Task goal: Among the entries below, find every line that contains the string "freeze", then copy it.

** Opening Information shown block **

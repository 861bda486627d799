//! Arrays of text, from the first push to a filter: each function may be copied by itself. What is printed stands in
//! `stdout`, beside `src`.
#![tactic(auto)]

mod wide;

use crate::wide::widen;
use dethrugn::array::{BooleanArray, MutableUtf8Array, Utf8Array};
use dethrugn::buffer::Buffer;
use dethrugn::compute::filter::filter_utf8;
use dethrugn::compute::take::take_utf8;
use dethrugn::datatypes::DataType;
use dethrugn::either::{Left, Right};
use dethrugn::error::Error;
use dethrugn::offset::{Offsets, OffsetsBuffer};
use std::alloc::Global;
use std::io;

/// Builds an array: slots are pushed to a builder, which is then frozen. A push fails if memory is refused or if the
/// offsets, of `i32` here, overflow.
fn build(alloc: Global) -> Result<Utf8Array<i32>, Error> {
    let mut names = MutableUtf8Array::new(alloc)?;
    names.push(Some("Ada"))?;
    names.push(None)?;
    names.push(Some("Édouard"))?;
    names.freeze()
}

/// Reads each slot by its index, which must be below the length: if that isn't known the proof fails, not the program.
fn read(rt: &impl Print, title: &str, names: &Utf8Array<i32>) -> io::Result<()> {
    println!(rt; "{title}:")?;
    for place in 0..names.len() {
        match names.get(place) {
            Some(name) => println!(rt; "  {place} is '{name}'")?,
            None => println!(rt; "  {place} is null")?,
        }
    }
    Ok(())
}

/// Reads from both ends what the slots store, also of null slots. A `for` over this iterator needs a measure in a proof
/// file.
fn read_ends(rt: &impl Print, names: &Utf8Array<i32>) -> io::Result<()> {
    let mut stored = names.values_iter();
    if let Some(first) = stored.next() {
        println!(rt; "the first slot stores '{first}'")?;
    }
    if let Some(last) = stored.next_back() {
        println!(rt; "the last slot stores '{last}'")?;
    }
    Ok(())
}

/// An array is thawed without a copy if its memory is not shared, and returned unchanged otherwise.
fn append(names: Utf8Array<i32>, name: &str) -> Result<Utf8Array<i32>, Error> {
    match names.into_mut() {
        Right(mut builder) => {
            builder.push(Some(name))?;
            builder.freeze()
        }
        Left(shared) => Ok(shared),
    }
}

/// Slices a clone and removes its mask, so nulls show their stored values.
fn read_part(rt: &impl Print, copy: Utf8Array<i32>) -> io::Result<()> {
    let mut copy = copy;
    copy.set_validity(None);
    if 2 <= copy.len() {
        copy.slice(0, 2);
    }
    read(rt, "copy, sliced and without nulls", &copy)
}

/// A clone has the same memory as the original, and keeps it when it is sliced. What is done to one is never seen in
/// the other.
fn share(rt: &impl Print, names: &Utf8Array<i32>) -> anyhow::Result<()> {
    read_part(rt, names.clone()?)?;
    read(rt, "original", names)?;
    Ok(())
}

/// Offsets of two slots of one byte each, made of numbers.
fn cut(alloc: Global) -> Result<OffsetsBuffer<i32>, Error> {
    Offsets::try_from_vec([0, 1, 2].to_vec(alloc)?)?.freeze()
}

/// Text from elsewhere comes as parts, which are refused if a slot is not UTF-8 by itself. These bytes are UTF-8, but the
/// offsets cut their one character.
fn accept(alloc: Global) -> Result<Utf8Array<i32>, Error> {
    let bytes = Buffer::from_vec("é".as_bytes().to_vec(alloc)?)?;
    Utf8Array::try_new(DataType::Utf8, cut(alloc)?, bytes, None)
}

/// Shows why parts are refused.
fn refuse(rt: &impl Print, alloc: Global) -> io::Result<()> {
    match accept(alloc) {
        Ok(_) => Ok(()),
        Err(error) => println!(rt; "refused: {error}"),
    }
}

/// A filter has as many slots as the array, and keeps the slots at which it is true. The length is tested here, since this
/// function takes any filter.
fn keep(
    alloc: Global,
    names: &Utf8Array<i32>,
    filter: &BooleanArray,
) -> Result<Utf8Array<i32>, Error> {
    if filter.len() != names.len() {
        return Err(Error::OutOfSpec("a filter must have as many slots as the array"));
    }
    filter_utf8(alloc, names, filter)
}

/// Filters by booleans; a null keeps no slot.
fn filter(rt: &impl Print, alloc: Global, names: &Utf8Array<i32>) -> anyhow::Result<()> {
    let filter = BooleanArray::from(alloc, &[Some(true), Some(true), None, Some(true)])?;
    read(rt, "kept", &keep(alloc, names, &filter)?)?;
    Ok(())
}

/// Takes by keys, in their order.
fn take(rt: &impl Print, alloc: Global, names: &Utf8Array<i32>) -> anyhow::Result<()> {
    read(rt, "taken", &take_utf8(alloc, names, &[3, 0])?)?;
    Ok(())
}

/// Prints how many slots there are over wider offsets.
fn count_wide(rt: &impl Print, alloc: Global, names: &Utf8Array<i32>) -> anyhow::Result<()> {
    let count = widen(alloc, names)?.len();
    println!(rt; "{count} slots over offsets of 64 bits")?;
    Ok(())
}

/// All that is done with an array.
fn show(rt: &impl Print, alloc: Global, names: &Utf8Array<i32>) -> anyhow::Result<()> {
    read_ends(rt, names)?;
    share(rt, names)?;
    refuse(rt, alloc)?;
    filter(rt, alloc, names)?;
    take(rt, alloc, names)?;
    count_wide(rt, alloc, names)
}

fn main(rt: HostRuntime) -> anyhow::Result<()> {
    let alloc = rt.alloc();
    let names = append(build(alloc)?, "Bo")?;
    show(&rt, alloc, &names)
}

** Closing Information shown block **
** Opening Information shown block **

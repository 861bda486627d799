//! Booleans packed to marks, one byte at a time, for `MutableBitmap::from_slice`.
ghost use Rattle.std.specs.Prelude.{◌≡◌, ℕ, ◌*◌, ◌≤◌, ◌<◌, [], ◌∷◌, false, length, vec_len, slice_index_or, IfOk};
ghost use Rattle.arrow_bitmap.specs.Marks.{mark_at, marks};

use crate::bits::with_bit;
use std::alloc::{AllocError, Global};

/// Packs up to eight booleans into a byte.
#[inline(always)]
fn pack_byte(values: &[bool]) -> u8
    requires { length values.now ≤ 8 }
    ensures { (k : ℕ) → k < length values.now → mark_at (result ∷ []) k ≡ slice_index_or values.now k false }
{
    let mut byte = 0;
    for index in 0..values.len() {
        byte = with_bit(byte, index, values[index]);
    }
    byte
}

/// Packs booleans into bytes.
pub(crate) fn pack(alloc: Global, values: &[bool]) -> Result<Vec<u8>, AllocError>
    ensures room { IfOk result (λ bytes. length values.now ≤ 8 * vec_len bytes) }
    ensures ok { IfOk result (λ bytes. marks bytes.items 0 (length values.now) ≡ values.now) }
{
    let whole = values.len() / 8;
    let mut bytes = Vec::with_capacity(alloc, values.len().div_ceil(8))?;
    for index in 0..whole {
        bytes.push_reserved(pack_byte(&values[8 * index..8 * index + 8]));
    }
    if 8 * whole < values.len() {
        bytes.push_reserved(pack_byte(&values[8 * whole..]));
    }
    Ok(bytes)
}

** Closing Information shown block **
** Opening Information shown block **

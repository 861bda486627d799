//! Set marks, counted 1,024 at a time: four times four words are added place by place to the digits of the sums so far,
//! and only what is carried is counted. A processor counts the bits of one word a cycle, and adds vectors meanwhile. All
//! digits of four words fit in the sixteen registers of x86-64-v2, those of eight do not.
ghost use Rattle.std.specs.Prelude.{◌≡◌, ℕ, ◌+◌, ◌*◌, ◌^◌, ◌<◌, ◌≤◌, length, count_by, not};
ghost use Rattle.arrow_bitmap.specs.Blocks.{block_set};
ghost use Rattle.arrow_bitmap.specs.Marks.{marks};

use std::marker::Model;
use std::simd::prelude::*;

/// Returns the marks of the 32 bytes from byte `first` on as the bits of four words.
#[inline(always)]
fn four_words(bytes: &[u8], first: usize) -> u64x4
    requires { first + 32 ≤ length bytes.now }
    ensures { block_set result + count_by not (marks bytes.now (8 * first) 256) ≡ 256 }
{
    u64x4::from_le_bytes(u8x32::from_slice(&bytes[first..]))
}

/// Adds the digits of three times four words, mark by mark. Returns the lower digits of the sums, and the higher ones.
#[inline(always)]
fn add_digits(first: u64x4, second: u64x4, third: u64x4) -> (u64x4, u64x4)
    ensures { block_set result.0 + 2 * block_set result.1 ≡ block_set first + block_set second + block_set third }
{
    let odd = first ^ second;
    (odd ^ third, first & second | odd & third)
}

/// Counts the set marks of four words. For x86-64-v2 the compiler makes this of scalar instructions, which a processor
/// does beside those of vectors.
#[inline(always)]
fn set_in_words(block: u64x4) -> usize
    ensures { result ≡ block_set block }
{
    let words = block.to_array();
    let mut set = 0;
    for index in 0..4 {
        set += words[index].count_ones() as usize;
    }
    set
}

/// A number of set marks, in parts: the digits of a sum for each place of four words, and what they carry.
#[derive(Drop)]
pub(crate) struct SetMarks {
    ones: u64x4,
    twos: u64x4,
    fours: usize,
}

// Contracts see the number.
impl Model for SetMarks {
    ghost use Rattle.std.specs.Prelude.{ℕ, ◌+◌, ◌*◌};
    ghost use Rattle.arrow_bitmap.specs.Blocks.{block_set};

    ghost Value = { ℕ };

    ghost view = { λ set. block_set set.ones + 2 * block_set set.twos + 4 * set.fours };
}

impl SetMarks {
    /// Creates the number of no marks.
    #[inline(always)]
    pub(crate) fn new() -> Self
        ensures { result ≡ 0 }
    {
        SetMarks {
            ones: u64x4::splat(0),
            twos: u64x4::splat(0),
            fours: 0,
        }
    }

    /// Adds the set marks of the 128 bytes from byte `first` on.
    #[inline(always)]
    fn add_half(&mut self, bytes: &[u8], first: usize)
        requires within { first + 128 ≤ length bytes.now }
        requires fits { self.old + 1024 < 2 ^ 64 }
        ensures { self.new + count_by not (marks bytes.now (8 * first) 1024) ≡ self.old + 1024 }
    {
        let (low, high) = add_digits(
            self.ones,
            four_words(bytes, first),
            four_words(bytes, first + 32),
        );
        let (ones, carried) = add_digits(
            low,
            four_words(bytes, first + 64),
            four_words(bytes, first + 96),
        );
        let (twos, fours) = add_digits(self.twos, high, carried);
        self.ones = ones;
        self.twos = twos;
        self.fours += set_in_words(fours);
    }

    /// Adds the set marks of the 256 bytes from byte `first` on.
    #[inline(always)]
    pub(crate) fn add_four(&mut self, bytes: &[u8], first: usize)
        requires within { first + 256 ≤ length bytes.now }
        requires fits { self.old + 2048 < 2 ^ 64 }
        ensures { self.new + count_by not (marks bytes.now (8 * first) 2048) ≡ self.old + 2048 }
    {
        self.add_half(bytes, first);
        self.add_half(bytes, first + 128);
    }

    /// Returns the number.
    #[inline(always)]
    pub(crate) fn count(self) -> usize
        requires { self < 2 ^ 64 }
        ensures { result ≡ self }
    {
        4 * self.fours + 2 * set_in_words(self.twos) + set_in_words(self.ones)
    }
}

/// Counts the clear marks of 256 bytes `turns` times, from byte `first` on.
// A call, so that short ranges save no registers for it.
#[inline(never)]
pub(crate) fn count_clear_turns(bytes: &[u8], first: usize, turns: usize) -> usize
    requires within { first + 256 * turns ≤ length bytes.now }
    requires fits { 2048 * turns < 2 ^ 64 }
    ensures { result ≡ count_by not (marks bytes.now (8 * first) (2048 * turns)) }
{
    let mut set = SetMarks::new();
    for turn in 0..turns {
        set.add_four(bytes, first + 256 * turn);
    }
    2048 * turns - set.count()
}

** Closing Information shown block **

Result of this exercise:
    names.freeze()
            builder.freeze()
    Offsets::try_from_vec([0, 1, 2].to_vec(alloc)?)?.freeze()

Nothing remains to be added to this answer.